WHAT YOU WILL DO.
Only the lines that include "right" should be copied from the data below.

GIVEN RECORDS.
◇ ◇ ◇ ◇

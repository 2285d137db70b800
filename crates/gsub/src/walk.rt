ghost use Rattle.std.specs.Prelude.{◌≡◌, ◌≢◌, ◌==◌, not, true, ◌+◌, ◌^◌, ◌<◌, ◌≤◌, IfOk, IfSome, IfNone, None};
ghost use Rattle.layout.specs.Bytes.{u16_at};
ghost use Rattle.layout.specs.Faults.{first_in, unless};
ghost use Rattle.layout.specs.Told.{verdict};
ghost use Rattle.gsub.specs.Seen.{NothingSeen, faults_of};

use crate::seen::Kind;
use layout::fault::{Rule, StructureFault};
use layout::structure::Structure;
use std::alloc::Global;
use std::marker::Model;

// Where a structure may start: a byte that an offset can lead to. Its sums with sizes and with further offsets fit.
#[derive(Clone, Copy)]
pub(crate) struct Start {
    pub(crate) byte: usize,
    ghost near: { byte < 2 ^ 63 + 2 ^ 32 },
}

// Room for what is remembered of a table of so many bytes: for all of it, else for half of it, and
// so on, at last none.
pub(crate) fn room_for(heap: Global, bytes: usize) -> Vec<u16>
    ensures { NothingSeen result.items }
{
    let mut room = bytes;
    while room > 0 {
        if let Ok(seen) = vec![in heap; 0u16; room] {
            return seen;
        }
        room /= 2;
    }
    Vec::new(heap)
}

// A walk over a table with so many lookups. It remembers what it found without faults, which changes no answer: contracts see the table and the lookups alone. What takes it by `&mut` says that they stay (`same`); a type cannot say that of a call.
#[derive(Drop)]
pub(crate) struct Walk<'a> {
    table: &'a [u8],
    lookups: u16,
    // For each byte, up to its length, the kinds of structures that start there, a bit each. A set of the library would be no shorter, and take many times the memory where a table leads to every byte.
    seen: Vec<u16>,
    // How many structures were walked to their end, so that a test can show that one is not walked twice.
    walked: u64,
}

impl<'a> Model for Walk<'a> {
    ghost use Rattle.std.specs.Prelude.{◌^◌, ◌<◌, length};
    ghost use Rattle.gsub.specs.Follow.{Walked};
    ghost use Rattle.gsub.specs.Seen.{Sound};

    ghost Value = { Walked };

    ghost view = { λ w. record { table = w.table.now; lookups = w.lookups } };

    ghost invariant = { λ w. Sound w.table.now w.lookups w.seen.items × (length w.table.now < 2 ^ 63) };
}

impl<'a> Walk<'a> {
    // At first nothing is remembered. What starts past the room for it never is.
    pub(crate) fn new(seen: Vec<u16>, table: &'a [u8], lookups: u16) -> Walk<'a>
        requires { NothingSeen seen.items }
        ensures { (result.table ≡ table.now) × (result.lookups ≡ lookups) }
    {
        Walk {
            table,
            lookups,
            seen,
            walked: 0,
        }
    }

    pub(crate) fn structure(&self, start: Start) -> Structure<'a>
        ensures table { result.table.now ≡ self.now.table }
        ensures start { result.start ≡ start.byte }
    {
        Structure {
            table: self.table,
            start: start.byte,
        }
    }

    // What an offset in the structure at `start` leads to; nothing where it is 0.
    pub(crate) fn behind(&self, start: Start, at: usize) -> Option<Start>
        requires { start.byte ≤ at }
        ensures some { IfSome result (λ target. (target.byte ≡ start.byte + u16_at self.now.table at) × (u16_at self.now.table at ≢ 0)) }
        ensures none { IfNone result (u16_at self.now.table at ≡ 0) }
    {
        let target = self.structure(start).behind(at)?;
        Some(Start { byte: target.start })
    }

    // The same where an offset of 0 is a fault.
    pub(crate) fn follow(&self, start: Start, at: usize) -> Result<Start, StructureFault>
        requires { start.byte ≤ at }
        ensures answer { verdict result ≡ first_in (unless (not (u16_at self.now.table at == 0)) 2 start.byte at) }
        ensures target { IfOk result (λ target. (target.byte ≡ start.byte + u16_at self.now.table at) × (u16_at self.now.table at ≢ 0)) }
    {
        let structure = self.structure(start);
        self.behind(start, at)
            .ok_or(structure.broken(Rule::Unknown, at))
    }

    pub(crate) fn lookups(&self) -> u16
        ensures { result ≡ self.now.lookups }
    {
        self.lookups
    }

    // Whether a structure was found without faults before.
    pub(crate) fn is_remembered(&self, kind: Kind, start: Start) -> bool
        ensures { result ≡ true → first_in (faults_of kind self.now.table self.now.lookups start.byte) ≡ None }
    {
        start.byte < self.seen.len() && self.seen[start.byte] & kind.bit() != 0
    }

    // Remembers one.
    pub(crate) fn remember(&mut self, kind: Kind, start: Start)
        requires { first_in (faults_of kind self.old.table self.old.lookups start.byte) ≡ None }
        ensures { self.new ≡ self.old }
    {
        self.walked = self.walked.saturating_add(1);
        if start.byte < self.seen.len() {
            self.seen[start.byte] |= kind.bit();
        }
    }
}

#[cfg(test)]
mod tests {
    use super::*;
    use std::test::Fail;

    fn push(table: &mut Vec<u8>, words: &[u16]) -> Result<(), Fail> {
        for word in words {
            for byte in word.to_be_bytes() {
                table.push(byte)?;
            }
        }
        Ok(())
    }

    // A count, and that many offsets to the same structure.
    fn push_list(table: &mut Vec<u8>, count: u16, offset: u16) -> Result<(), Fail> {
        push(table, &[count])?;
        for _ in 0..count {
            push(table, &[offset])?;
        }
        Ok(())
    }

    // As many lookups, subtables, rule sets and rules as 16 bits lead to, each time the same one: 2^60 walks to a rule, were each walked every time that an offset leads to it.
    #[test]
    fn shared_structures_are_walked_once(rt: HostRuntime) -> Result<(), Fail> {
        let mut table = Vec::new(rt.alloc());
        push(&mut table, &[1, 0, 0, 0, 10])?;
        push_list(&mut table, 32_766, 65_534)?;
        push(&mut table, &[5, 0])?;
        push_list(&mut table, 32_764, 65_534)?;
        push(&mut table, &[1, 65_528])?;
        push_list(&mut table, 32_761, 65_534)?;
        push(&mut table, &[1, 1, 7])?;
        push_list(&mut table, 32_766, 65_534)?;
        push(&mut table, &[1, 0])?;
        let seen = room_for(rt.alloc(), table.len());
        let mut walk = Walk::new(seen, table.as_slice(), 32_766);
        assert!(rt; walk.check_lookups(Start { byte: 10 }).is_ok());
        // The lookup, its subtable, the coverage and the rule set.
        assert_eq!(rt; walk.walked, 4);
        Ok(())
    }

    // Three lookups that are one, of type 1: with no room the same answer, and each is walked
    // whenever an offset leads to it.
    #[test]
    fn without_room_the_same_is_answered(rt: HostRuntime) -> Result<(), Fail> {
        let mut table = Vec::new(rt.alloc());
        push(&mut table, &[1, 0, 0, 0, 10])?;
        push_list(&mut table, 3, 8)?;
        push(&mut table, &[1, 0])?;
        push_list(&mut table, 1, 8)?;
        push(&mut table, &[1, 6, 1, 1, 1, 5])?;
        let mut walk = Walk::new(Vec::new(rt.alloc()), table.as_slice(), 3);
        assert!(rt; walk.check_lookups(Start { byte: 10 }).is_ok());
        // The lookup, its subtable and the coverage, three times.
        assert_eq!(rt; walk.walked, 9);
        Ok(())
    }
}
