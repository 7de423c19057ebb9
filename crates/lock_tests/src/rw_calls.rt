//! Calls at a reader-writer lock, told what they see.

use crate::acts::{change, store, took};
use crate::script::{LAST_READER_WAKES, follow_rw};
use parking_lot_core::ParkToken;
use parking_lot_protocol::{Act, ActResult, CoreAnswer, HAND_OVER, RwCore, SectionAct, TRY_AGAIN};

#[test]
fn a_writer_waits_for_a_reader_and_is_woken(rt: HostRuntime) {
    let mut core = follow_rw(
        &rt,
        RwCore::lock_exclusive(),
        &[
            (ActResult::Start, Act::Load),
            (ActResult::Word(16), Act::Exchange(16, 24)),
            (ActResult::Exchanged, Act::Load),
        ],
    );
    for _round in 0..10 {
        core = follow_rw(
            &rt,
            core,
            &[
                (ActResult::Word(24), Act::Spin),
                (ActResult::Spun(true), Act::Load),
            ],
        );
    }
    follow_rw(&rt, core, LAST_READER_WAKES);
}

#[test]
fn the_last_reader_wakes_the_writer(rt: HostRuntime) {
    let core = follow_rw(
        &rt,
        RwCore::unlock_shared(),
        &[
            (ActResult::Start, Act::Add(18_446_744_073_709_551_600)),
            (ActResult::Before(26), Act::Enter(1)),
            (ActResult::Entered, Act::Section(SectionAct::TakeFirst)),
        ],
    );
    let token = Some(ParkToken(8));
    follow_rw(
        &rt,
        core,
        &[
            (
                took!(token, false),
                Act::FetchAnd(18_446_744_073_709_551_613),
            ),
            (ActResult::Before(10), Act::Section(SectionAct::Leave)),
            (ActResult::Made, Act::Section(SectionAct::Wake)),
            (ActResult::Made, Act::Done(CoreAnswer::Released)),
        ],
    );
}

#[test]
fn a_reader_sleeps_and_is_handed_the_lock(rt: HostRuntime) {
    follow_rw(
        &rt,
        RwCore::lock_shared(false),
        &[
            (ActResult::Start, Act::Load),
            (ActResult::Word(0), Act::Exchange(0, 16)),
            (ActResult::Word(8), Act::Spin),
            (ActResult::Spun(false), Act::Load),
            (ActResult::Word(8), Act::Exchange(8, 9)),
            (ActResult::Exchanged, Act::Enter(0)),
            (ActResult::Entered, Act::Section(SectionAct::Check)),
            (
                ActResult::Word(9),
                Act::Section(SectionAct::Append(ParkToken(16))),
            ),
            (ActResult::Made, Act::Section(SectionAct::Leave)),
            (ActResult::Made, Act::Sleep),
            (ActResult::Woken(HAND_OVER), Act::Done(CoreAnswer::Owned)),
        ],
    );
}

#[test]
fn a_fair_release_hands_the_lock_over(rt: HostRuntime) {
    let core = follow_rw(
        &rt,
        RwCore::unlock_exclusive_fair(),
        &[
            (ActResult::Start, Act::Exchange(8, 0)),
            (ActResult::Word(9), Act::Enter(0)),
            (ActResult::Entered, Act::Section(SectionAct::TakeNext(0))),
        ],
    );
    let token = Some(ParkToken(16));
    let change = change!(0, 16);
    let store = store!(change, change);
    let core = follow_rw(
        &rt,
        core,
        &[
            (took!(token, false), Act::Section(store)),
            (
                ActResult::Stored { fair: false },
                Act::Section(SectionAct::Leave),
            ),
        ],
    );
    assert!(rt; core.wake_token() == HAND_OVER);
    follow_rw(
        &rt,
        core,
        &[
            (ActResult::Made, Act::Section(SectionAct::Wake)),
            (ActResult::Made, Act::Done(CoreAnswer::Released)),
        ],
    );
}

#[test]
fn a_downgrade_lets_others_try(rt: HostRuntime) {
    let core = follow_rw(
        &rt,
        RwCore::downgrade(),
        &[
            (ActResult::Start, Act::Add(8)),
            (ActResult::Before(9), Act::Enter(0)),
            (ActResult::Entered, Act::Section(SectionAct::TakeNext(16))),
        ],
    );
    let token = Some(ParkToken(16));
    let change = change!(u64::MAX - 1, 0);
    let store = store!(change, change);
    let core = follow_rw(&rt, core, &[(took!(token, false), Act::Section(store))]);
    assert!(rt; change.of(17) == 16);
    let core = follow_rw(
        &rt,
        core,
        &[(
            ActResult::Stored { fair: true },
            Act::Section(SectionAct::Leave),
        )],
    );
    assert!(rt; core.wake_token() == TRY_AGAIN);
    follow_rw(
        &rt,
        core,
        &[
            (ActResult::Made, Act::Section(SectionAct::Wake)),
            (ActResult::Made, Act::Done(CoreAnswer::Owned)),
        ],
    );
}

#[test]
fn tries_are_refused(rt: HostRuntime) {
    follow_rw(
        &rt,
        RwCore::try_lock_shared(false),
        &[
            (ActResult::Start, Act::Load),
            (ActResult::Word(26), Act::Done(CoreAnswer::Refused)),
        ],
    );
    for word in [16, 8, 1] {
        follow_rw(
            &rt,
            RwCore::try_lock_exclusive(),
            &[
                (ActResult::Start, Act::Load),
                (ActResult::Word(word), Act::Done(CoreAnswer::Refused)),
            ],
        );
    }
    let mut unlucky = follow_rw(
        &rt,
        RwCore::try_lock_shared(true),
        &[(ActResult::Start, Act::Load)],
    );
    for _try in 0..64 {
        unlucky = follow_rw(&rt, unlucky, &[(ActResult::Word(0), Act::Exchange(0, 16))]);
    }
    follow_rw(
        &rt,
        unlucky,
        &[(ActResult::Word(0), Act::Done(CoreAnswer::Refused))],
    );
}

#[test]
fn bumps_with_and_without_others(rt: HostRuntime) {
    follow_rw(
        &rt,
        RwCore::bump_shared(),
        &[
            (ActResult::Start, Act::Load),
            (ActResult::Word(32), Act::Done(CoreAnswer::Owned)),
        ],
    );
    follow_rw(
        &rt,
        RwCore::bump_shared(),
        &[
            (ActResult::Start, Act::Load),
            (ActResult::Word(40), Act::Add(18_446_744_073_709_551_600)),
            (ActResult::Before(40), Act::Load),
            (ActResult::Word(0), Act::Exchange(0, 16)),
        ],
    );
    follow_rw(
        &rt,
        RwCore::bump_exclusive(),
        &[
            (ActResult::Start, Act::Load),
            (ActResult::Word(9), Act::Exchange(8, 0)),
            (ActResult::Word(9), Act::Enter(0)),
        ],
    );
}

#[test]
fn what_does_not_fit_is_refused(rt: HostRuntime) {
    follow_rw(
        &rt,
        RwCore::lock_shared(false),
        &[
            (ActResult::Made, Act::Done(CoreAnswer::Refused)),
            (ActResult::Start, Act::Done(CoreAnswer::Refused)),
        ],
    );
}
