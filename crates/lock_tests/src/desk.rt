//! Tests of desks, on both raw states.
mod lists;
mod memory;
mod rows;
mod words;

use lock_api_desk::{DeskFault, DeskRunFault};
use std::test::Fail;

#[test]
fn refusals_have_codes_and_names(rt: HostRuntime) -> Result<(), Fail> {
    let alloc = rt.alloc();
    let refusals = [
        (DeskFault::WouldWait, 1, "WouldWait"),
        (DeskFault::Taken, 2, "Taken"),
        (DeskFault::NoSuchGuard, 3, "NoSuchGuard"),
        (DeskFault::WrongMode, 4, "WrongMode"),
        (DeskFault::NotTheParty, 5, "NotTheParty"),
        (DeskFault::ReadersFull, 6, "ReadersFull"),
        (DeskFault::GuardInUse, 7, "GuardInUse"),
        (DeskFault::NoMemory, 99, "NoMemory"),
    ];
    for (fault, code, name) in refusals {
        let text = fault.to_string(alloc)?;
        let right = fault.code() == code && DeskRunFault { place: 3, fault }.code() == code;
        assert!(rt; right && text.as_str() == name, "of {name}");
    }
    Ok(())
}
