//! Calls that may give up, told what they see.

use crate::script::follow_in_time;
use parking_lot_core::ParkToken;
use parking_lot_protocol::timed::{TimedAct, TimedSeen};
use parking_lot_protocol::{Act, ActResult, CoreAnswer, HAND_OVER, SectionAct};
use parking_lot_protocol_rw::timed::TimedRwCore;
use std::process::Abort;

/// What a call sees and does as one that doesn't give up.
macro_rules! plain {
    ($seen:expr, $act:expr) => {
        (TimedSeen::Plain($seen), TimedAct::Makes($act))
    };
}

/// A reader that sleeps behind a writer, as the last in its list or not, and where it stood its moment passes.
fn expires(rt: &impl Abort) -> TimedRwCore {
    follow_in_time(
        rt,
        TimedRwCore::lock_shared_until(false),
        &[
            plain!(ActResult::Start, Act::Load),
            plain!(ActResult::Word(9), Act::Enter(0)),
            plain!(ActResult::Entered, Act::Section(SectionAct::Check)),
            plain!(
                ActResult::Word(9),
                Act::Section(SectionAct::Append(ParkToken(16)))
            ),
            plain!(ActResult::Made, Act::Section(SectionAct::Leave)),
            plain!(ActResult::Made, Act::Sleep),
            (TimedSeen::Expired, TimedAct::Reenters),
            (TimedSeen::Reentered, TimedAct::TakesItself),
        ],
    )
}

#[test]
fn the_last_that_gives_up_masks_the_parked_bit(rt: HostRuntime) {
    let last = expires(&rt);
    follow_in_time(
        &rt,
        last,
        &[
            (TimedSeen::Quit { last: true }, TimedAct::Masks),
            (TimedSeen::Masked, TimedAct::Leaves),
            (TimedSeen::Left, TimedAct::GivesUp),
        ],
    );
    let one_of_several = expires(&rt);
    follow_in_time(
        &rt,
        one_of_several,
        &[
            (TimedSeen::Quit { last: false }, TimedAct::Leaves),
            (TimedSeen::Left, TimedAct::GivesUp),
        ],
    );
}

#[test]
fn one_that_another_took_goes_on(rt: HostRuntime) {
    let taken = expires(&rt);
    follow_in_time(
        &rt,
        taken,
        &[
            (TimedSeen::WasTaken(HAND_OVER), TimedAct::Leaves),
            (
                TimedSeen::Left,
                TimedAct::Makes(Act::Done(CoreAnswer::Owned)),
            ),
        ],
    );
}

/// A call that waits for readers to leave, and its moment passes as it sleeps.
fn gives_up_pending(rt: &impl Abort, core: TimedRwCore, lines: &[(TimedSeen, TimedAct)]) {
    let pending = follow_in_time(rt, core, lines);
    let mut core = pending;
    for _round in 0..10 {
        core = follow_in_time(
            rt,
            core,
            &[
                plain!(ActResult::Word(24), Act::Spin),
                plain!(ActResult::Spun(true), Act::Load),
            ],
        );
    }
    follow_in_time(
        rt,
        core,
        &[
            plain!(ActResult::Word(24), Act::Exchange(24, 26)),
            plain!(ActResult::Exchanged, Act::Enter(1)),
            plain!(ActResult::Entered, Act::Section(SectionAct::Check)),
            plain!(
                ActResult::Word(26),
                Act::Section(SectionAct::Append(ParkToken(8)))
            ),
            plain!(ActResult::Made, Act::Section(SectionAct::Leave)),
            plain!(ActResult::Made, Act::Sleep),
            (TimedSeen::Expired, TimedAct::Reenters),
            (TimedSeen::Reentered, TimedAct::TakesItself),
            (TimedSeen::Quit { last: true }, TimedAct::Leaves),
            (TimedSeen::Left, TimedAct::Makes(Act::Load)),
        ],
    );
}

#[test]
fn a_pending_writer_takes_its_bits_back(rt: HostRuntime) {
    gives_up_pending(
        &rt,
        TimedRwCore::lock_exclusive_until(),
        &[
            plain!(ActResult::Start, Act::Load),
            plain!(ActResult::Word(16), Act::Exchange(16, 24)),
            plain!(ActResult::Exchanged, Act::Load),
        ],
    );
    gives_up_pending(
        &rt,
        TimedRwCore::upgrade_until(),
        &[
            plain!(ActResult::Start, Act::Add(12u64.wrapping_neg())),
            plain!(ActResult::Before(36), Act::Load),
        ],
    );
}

◇ ◇ ◇ ◇

RESPONSE TO THIS EXERCISE.
        let right = fault.code() == code && DeskRunFault { place: 3, fault }.code() == code;
        assert!(rt; right && text.as_str() == name, "of {name}");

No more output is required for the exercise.